Financials have tanked again in US following Powell and Yellen comments. Could be another grim morning tomorrow.
@ atfabricationsbt: With Credit Suisse out of the way, is Barclays now the bank with the worst reputation in Europe? I pity those who have invested in one that is worse! Whilst I take your point - at the time of writing Barcs SP is still falling (and even the big US banks SP is rising today!) but I refer to my post of 9th March. In that I set out my unhappy 10 year experience of investing in Barcs. I pointed out that in that period, the Barcs SP had fallen 41% (NW fell 17%, HSBC fell 13% and Lloyds fell 3%). I said that imo, this did not suggest a potential significant upswing in the Barcs SP as a lot of people have suggested. Rather it indicated a colossal anchor of negative perception and investor trust in the bank, which would see the SP gulf between it and its peers increase. As I now write, the revised 10 year position is Barcs fell 52%, NW fell 24%, Lloyds fell 13% and HSBC fell 26%. Lloyds is seemingly the better option in UK financials. I heard Venkat recently say that Edward Bramson could not have been more wrong in wanting to slim down the investment bank and return reward to shareholders. If that is so, then Barclays needs to start showing it. If it is highly profitable, then use those profits to fairly reward investors and entice investment to boost the SP. I know it is somewhat distorted by recent events, but it is worth noting that when Bramson invested in Barcs, the SP stood at around £2.17! I think Barcs will come out of the current situation intact, but will do so with a big red flag flying. It has to change. It has to be better run and it has to start treating shareholders fairly. If it continues on its current trajectory, with everyone noticing how brittle the SP is against any jitters in the market, whose to say, at some point in the future, it won't go the same way as Credit Suisse?

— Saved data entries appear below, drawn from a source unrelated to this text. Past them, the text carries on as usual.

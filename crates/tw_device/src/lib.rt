//! A line editor at a device: a terminal and a reader in one, and lines that are read as events come.
//!
//! Use `read_line_from` with a device that `Joined` makes of a `KeyReader` over any `Read` and a terminal over any
//! `Write`, or with one of your own; `Prompt` of `tw_prompt` is the same with all comforts.
//!
//! From `crates/test_prompt/src/devices/at_once.rt`:
//!
//! ```
//! let mut device = Joined::new(KeyReader::new(alloc, typed.as_bytes()), terminal);
//! read_line_from(alloc, &mut device, host, "> ")
//! ..
//!     let terminal = PatientTerminal::new(alloc, &mut taken, size);
//!     read_typed(alloc, terminal, typed, &mut host)?
//! ```
#![tactic(auto)]

mod batch_record;
mod device;
mod device_terminal;
mod escape;
mod event_log;
mod hook;
mod hooked;
mod joined;
mod keys;
pub mod laws;
mod pasted;
mod reading;
mod step_log;
mod terminal;
mod unread;

pub use batch_record::{BatchRecord, encode_batch, write_text};
pub use device::Device;
pub use device_terminal::DeviceTerminal;
pub use escape::Escape;
pub use event_log::EventLog;
pub use hook::Hook;
pub use hooked::read_line_with;
pub use joined::Joined;
pub use keys::{EventSource, KeyReader, SourceState};
pub use pasted::Pasted;
pub use reading::{Answer, read_line_from};
pub use step_log::StepLog;
pub use terminal::AnsiTerminal;
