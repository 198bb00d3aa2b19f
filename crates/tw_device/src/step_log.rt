//! The steps of a device.

ghost use Rattle.std.specs.Prelude.{◌≡◌, ◌∷◌, [], ◌++◌};
ghost use Rattle.tw_surface.specs.ChangeView.{batch_view};
ghost use Rattle.tw_device.specs.Steps.{answer_step, Flushed, Refused, Sent, Took, Waited};

use std::marker::Model;
use std::snapshot::Snapshot;
use tw_input::InputEvent;
use tw_surface::Change;
use tw_terminal::{Log, TerminalFault};

/// A step, as it is noted.
#[derive(Drop)]
pub(crate) enum Noted {
    Took(Log<Change>),
    Refused,
    Sent,
    Flushed,
    Waited,
    Told(Snapshot<InputEvent>),
    Ended,
    Failed(TerminalFault),
}

/// The steps of a device, in their order, as its `Device::log` needs them. Only contracts read them.
#[derive(Drop)]
pub struct StepLog {
    noted: Log<Noted>,
}

impl Model for StepLog {
    ghost use Rattle.std.specs.Prelude.{List, map};
    ghost use Rattle.tw_device.specs.Steps.{Step};
    ghost use Rattle.tw_device.specs.Noted.{noted_step};

    ghost Value = { List Step };

    ghost view = { λ log. map noted_step log.noted };
}

impl StepLog {
    /// Creates a log without steps.
    pub fn new() -> Self
        ensures { result ≡ [] }
    {
        StepLog { noted: Log::new() }
    }

    /// Notes a batch that was taken.
    pub fn note_taken(&mut self, changes: &[Change])
        ensures { self.new ≡ self.old ++ Took (batch_view changes.now) ∷ [] }
    {
        self.noted = self.noted.with_item(&Noted::Took(Log::of(changes)));
    }

    /// Notes a batch that was refused, or lost.
    pub fn note_refused(&mut self)
        ensures { self.new ≡ self.old ++ Refused ∷ [] }
    {
        self.noted = self.noted.with_item(&Noted::Refused);
    }

    /// Notes that all that was taken is sent.
    pub fn note_sent(&mut self)
        ensures { self.new ≡ self.old ++ Sent ∷ [] }
    {
        self.noted = self.noted.with_item(&Noted::Sent);
    }

    /// Notes that all that was taken is sent and flushed.
    pub fn note_flushed(&mut self)
        ensures { self.new ≡ self.old ++ Flushed ∷ [] }
    {
        self.noted = self.noted.with_item(&Noted::Flushed);
    }

    /// Notes that the reader is asked, which may wait.
    pub fn note_waited(&mut self)
        ensures { self.new ≡ self.old ++ Waited ∷ [] }
    {
        self.noted = self.noted.with_item(&Noted::Waited);
    }

    /// Notes an answer of the reader.
    pub fn note_answer(&mut self, answer: &Result<Option<InputEvent>, TerminalFault>)
        ensures { self.new ≡ self.old ++ answer_step answer.now ∷ [] }
    {
        let noted = match answer {
            Ok(Some(event)) => Noted::Told(Snapshot::of(event)),
            Ok(None) => Noted::Ended,
            Err(fault) => Noted::Failed(*fault),
        };
        self.noted = self.noted.with_item(&noted);
    }
}
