//! What is done between two events of a reading.

ghost use Rattle.std.specs.Prelude.{IfOk, OnOk, string_bytes};
ghost use Rattle.std.specs.Str.{IsCharBoundary};
ghost use Rattle.tw_input.specs.EventView.{event_view};
ghost use Rattle.tw_lineedit.specs.Cut.{cut_at};

use tw_input::InputEvent;
use tw_lineedit::{Error, LineEditorHost};

/// Prepares a host between two events, as an application does that says what completes and colours a line. Each function
/// keeps to the rules that the hook states of itself.
pub trait Hook<H: LineEditorHost> {
    ghost use Rattle.tw_device.specs.Hooked.{HookRules};

    ghost rules: { HookRules H };

    /// Prepares the host for an event, before the editor handles it. The line has its cursor at the byte offset
    /// `cursor`, a character boundary.
    fn before(
        &mut self,
        host: &mut H,
        line: &str,
        cursor: usize,
        event: &InputEvent,
    ) -> Result<(), Error>
        requires { IsCharBoundary line.now cursor }
        ensures changes { rules.changes host.old host.new }
        ensures ok { OnOk result (rules.is_asked (cut_at line.now cursor)
            (event_view event.now) host.new) };

    /// Prepares the host for the painting of a line that begins, or goes on once an event is handled.
    fn prepare(&mut self, host: &mut H, line: &str, cursor: usize) -> Result<(), Error>
        requires { IsCharBoundary line.now cursor }
        ensures changes { rules.changes host.old host.new }
        ensures ok { OnOk result (rules.is_prepared (cut_at line.now cursor) host.new) };

    /// Returns a text to print above the line, each line of which ends with CR LF: an empty one for none.
    fn above(&mut self) -> Result<String, Error>
        ensures { IfOk result (λ text. rules.prints (string_bytes text)) };
}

@badprophet - so long as they don't do another last minute 'covid' on us and cancel the dividend to protect liquidity and capital. I can't see it happening because if it did, the toys would really come out of the pram.
Assuming they get the deal over the line, we'll see tomorrow how the markets react. At least they seem to be acting swiftly and decisively over Credit Suisse. My concern is back in the US. I know First Republic is a lot smaller fry and the banks stepped in last week to patch it up, but it lost a third of its value in one day on Friday and I don't see any kind of urgency to take that one over - but I suspect it might be needed.
As I don't involve myself in it and so don't pay attention to it, there is probably some naivety attached to this question. But to what extent is short selling compounding the problem in the global financial sector? And if it is a significant factor, could it and should it be suspended temporarily? I suspect the answer is that this would completely go against the grain of a free market.